◆ PROBLEM DETAILS
Every line that holds the word "What" needs to be copied from the data below.

◆ RECORDS PROVIDED
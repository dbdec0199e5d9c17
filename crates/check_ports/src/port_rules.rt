ghost use Rattle.std.specs.Prelude.{◌≡◌, ◌++◌, IfOk, OnOk, flat_map, map};
ghost use Rattle.std.specs.List.{filter_map};
ghost use Rattle.jolie_ast.specs.declared.service.Port.{Port};
ghost use Rattle.check_base.specs.Files.{input_port_in, output_port_in, port_in, services_of};
ghost use Rattle.check_base.specs.Least.{joined};
ghost use Rattle.check_ports.specs.PortRules.{input_locations, operations_repeated, port_name, port_refused, ports_refused, sided_refused, unknown_interface, unmet, wrong_local_protocol, wrong_location, wrong_protocol, wrong_socket_protocol};

use crate::brought::{input_ports_refused, operations_repeated};
use check_base::{
    CONSOLE, CheckName, Interfaces, Least, Mention, Names, input_port_in, output_port_in, port_in,
    repeated_refused, service_in,
};
use jolie_ast::{Clause, Definition, Name, Port, Service};
use program_locations::{begins_local, is_local, is_socket};
use std::alloc::{AllocError, Global};

/// What is refused of the ports of a service.
#[tactic(auto, using(check_base::proofs::Joined::joined_append))]
pub fn ports_refused<'a>(
    alloc: Global,
    interfaces: &Interfaces<'a>,
    locations: &Names,
    service: &'a Service,
    least: &mut Least,
) -> Result<(), AllocError>
    ensures { OnOk result (least.new ≡ joined least.old (ports_refused interfaces.now locations.now service.now)) }
{
    let clauses = service.clauses.as_slice();
    let names = port_names(alloc, clauses)?;
    repeated_refused(alloc, names.as_slice(), least)?;
    each_port_refused(interfaces, clauses, least);
    input_ports_refused(alloc, interfaces, clauses, least)?;
    output_ports_refused(alloc, interfaces, clauses, least)?;
    all_unmet(locations, clauses, least);
    Ok(())
}

/// The names of the ports.
fn port_names(alloc: Global, clauses: &[Clause]) -> Result<Vec<Mention<'_>>, AllocError>
    ensures { IfOk result (λ names. names.items ≡ map port_name (filter_map port_in clauses.now)) }
{
    let mut names = Vec::new(alloc);
    for clause in clauses {
        if let Some(port) = port_in(clause) {
            names.push(Mention::name(&port.name))?;
        }
    }
    Ok(names)
}

/// What is refused of each port by itself.
fn each_port_refused(interfaces: &Interfaces, clauses: &[Clause], least: &mut Least)
    ensures { least.new ≡ joined least.old
        (flat_map (sided_refused interfaces.now) (filter_map port_in clauses.now)) }
{
    for clause in clauses {
        if let Some(port) = port_in(clause) {
            port_refused(interfaces, port, least);
        }
    }
}

/// What is refused of the operations of each output port.
fn output_ports_refused(
    alloc: Global,
    interfaces: &Interfaces,
    clauses: &[Clause],
    least: &mut Least,
) -> Result<(), AllocError>
    ensures { OnOk result (least.new ≡ joined least.old
        (flat_map (operations_repeated interfaces.now) (filter_map output_port_in clauses.now))) }
{
    for clause in clauses {
        if let Some(port) = output_port_in(clause) {
            operations_repeated(alloc, interfaces, port, least)?;
        }
    }
    Ok(())
}

/// Output ports at local locations that no input port has.
fn all_unmet(locations: &Names, clauses: &[Clause], least: &mut Least)
    ensures { least.new ≡ joined least.old (flat_map (unmet locations.now) (filter_map output_port_in clauses.now)) }
{
    for clause in clauses {
        if let Some(port) = output_port_in(clause) {
            unmet(locations, port, least);
        }
    }
}

/// What is refused of a port by itself.
#[tactic(auto, using(check_base::proofs::Joined::joined_append))]
fn port_refused(interfaces: &Interfaces, port: &Port, least: &mut Least)
    ensures { least.new ≡ joined least.old (port_refused interfaces.now port.now) }
{
    let is_console = port.name.text.as_str() == CONSOLE;
    least.offer_if(is_console, CheckName::WrongKind, port.name.at);
    wrong_location(port, least);
    wrong_protocol(port, least);
    unknown_interfaces(interfaces, port.interfaces.as_slice(), least);
}

/// A location that is none.
fn wrong_location(port: &Port, least: &mut Least)
    ensures { least.new ≡ joined least.old (wrong_location port.now) }
{
    let location = port.location.text.as_str();
    let is_wrong = !(is_local(location) || is_socket(location));
    least.offer_if(is_wrong, CheckName::WrongKind, port.location.at);
}

/// A socket has the protocol jsonrpc, a local location none.
fn wrong_protocol(port: &Port, least: &mut Least)
    ensures { least.new ≡ joined least.old (wrong_protocol port.now) }
{
    let location = port.location.text.as_str();
    if is_local(location) {
        wrong_local_protocol(&port.protocol, least);
    } else if !begins_local(location) {
        wrong_socket_protocol(port.location.at, &port.protocol, least);
    }
}

fn wrong_local_protocol(protocol: &Option<Name>, least: &mut Least)
    ensures { least.new ≡ joined least.old (wrong_local_protocol protocol.now) }
{
    if let Some(protocol) = protocol {
        least.offer(CheckName::WrongKind, protocol.at);
    }
}

fn wrong_socket_protocol(at: u32, protocol: &Option<Name>, least: &mut Least)
    ensures { least.new ≡ joined least.old (wrong_socket_protocol at protocol.now) }
{
    match protocol {
        Some(protocol) => {
            let is_jsonrpc = protocol.text.as_str() == "jsonrpc";
            least.offer_if(!is_jsonrpc, CheckName::WrongKind, protocol.at);
        }
        None => least.offer(CheckName::WrongKind, at),
    }
}

fn unknown_interfaces(interfaces: &Interfaces, names: &[Name], least: &mut Least)
    ensures { least.new ≡ joined least.old (flat_map (unknown_interface interfaces.now) names.now) }
{
    for name in names {
        unknown_interface(interfaces, name, least);
    }
}

/// An interface that is not there.
fn unknown_interface(interfaces: &Interfaces, name: &Name, least: &mut Least)
    ensures { least.new ≡ joined least.old (unknown_interface interfaces.now name.now) }
{
    let is_unknown = !interfaces.has(name.text.as_str());
    least.offer_if(is_unknown, CheckName::UnknownType, name.at);
}

/// An output port at a local location that no input port has.
fn unmet(locations: &Names, port: &Port, least: &mut Least)
    ensures { least.new ≡ joined least.old (unmet locations.now port.now) }
{
    let location = port.location.text.as_str();
    let is_unmet = is_local(location) && !locations.has(location);
    least.offer_if(is_unmet, CheckName::UnknownPort, port.location.at);
}

/// The locations of the input ports of a file.
pub fn input_locations(alloc: Global, file: &[Definition]) -> Result<Names<'_>, AllocError>
    ensures { IfOk result (λ locations. locations ≡ input_locations (services_of file.now)) }
{
    let mut locations = Names::new(alloc);
    for definition in file {
        if let Some(service) = service_in(definition) {
            add_locations(service.clauses.as_slice(), &mut locations)?;
        }
    }
    Ok(locations)
}

/// Adds the locations of the input ports of a service.
fn add_locations<'a>(clauses: &'a [Clause], locations: &mut Names<'a>) -> Result<(), AllocError>
    ensures { OnOk result (locations.new ≡ locations.old
        ++ map (λ (p : Port). p.location.text) (filter_map input_port_in clauses.now)) }
{
    for clause in clauses {
        if let Some(port) = input_port_in(clause) {
            locations.add(port.location.text.as_str())?;
        }
    }
    Ok(())
}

◆ TASK ANSWER
/// What is refused of the ports of a service.
/// What is refused of each port by itself.
/// What is refused of the operations of each output port.
/// What is refused of a port by itself.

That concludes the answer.